Write only the number of lines in the entries below that contain the string "many".

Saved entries
○ ○ ○ ○ ○
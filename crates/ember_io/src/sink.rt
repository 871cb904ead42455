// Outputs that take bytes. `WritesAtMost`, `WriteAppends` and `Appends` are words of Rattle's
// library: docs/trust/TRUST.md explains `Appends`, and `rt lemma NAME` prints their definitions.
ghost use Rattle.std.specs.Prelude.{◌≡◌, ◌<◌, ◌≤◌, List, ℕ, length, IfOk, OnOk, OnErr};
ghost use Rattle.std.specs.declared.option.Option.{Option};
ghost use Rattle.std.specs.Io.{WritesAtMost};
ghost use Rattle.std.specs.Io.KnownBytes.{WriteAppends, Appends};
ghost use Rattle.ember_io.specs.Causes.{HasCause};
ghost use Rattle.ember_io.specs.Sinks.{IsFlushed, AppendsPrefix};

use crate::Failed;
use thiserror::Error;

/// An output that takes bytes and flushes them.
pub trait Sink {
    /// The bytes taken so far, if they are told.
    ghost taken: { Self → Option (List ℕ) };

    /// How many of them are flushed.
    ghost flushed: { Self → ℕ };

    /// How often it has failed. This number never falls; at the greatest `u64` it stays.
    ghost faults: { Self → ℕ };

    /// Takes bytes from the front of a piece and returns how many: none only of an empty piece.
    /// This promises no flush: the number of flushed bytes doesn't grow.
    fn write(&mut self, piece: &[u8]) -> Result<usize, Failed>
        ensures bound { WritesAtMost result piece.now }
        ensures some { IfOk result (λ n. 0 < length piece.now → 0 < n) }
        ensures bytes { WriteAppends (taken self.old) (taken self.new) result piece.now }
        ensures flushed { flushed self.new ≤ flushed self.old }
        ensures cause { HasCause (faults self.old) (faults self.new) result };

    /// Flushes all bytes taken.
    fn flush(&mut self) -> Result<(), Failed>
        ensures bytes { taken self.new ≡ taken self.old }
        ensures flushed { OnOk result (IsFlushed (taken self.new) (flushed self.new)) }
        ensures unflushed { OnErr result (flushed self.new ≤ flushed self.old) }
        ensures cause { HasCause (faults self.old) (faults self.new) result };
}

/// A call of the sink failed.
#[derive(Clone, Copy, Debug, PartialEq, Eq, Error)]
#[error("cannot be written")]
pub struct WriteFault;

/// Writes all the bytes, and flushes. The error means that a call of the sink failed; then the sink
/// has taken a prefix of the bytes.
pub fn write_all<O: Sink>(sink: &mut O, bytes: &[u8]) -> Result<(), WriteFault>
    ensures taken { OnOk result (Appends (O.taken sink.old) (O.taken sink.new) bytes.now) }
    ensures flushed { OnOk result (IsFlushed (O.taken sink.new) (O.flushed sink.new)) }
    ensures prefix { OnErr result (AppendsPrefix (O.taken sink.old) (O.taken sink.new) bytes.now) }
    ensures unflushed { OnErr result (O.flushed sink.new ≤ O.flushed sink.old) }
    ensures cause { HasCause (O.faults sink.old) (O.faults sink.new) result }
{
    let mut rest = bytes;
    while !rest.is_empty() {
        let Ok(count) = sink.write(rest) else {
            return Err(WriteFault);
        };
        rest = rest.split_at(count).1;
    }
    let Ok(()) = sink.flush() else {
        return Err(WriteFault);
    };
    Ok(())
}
○ ○ ○ ○ ○
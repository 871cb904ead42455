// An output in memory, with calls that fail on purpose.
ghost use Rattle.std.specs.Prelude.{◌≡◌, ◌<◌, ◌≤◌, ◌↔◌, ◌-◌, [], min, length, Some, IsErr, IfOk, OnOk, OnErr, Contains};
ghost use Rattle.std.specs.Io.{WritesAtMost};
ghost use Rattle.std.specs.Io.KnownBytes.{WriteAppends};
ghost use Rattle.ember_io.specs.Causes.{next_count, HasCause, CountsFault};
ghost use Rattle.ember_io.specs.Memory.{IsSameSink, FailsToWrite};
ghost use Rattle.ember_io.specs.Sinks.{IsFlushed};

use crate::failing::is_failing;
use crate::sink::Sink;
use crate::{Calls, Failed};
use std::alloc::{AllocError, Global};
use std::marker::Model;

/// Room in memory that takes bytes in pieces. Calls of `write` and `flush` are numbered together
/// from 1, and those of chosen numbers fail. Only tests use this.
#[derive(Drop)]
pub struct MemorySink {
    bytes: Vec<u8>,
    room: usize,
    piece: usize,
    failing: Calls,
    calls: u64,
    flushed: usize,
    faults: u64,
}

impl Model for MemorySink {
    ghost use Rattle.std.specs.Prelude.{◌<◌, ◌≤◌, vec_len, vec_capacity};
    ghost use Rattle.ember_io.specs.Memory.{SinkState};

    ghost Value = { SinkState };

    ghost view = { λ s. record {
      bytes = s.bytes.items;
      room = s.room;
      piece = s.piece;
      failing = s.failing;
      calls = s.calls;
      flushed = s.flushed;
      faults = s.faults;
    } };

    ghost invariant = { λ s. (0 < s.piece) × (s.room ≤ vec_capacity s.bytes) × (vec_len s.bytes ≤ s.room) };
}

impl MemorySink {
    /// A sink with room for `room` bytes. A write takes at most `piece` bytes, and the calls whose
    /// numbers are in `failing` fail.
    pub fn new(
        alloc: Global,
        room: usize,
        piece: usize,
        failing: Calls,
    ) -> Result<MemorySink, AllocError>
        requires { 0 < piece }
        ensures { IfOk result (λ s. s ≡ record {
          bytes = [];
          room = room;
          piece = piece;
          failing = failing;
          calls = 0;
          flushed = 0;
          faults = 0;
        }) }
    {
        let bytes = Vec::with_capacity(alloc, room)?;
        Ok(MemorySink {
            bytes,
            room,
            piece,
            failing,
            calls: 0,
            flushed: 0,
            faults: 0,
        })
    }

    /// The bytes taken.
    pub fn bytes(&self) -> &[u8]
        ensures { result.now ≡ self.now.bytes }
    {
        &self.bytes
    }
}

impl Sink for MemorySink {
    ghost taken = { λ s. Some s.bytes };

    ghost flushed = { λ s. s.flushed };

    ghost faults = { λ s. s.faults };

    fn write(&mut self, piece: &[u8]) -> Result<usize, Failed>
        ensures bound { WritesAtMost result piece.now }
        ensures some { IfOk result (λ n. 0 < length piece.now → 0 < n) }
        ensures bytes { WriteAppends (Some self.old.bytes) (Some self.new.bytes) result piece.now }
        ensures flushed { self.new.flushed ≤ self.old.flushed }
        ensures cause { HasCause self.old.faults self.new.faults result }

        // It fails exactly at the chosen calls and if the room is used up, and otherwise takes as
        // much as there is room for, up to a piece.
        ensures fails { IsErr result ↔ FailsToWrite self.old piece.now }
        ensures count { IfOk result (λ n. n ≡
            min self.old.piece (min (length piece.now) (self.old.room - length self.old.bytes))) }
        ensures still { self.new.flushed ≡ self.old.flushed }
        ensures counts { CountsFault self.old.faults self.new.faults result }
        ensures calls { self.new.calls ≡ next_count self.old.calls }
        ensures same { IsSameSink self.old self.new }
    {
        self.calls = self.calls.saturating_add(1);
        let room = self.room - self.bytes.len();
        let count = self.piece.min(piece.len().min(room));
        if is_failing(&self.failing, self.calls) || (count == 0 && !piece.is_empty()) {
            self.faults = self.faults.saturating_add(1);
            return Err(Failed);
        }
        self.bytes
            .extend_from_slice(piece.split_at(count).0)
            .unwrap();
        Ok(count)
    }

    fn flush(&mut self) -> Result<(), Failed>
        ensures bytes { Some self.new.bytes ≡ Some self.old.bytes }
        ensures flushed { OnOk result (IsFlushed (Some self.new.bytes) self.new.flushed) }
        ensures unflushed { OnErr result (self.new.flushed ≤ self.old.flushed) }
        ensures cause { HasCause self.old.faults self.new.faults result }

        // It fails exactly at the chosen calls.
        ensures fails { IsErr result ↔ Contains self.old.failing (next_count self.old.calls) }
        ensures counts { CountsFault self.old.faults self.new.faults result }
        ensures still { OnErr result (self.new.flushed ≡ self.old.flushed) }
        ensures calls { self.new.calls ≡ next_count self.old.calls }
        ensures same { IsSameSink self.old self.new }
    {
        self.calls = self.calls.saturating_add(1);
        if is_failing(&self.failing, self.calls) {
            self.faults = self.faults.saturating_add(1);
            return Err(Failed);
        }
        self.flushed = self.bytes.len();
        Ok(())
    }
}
○ ○ ○ ○ ○
→ **Answer area**
2